The research suggests IBS, anxiety and depression can all be driven by signaling within the intestinal tract and people with overactive communication between the gut and brain are more susceptible to experiencing pain.
Professor Brierley says added stress can make the symptoms even worse by further activating these mechanisms in the gut.
“There’s a variety of ways in which your susceptibility to pain can be altered on a daily-basis.
“Stress, infections, changes in diet and disruptions to the microbiome caused by medications, such as antibiotics, can mess with the way your gut signals to your brain.”
Researchers are striving to address the current lack of treatments for chronic gut pain and anxiety and now that the mechanisms involved in driving these conditions have been discovered, specific interventions can be developed to block communication between the cells and nerves responsible.
“Theoretically we should be able to find a way to stop gut pain at the source and simultaneously reduce feelings of anxiety.
“These future interventions are likely to include drug treatments, microbiome treatments and diet-based treatments.”
Gut enterochromaffin cells drive visceral pain and anxiety
Gastrointestinal (GI) discomfort is a hallmark of most gut disorders and represents an important component of chronic visceral pain.
For the growing population afflicted by irritable bowel syndrome, GI hypersensitivity and pain persist long after tissue injury has resolved.
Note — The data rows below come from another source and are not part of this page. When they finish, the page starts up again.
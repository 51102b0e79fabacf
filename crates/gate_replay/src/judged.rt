//! Rows of the judge's calls on `Module` and `Script`: two versions, and the verdict on them.
ghost use Rattle.swc_tree_node.specs.declared.slot.Slot.TheVariants.{One};
ghost use Rattle.swc_tree_node.specs.declared.slot.Content.TheVariants.{Node as Of};
ghost use Rattle.swc_tree_node.specs.Fits.{Fits};

use crate::programs::class_of;
use anyhow::{Result, bail};
use gate_rows::Program;
use jsbase_reader::{Versions, read_versions};
use std::alloc::{AllocError, Global};
use std::fmt::Write;
use swc_base_judge::{Verdict, judge_module, judge_script};
use swc_tree::PassError;
use swc_tree_node::{Class, Node};

// A verdict, or the name of a refusal.
fn told(alloc: Global, answer: Result<Verdict, PassError>) -> Result<String, AllocError> {
    match answer {
        Ok(verdict) => Ok(format!(in alloc; "{verdict:?}")?),
        Err(error) => Ok(format!(in alloc; "refused: {}", error.name())?),
    }
}

fn program(class: Class, tree: Node) -> Result<Program>
    requires { Fits tree (One (Of class)) }
{
    match Program::open(class, tree) {
        Some(program) => Ok(program),
        None => bail!("a program is a module or a script"),
    }
}

// What is said of two programs.
fn judged(alloc: Global, keep_top: bool, before: &Program, after: &Program) -> Result<String> {
    match (before, after) {
        (Program::Module(before), Program::Module(after)) => {
            Ok(told(alloc, judge_module(alloc, keep_top, before, after))?)
        }
        (Program::Script(before), Program::Script(after)) => {
            Ok(told(alloc, judge_script(alloc, keep_top, before, after))?)
        }
        _ => bail!("the versions are of two goals"),
    }
}

/// What is said of the two versions of a line, each of the goal.
pub fn answer(alloc: Global, goal: &str, input: &str) -> Result<String> {
    let class = class_of(goal)?;
    let Ok(versions) = read_versions(alloc, class, input.as_bytes()) else {
        bail!("a line has no two versions of such a program, or memory was refused");
    };
    let Versions {
        keep_top,
        before,
        after,
        ..
    } = versions;
    let before = program(class, before)?;
    let after = program(class, after)?;
    judged(alloc, keep_top, &before, &after)
}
Irritable bowel syndrome also exhibits a strong sex bias, afflicting women three times more than men.
Here, we focus on enterochromaffin (EC) cells, which are rare excitable, serotonergic neuroendocrine cells in the gut epithelium.
EC cells detect and transduce noxious stimuli to nearby mucosal nerve endings but involvement of this signalling pathway in visceral pain and attendant sex differences has not been assessed. By enhancing or suppressing EC cell function in vivo, we show that these cells are sufficient to elicit hypersensitivity to gut distension and necessary for the sensitizing actions of isovalerate, a bacterial short-chain fatty acid associated with GI inflammation.
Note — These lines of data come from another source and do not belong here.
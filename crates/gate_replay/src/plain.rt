//! Rows of plain forms: an envelope, and that of the plain form of its program.
use crate::programs::class_of;
use anyhow::{Result, bail};
use jsbase_reader::{Envelope, read_bytes};
use jsbase_writer::write_envelope;
use std::alloc::Global;
use swc_base_plain_form::plain_form;

/// The envelope of the plain form of the program of a line.
pub fn answer(alloc: Global, goal: &str, input: &str) -> Result<String> {
    let Ok(envelope) = read_bytes(alloc, class_of(goal)?, input.as_bytes()) else {
        bail!("a line has no such program, or memory was refused");
    };
    let Envelope {
        globals,
        unresolved,
        top,
        tree,
        ..
    } = envelope;
    let plain = plain_form(alloc, tree)?;
    let mut text = write_envelope(alloc, &globals, top, &plain, unresolved)?;
    let _line_feed = text.pop();
    Ok(text)
}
Remarkably, prolonged EC cell activation produced persistent visceral hypersensitivity, even in the absence of an instigating inflammatory episode. Furthermore, perturbing EC cell activity promoted anxiety-like behaviours which normalized after blockade of serotonergic signalling. Sex differences were noted across a range of paradigms, indicating that the EC cell–mucosal afferent circuit is tonically engaged in females.
Our findings validate a critical role for EC cell–mucosal afferent signalling in acute and persistent GI pain, in addition to highlighting genetic models for studying visceral hypersensitivity and the sex bias of gut pain.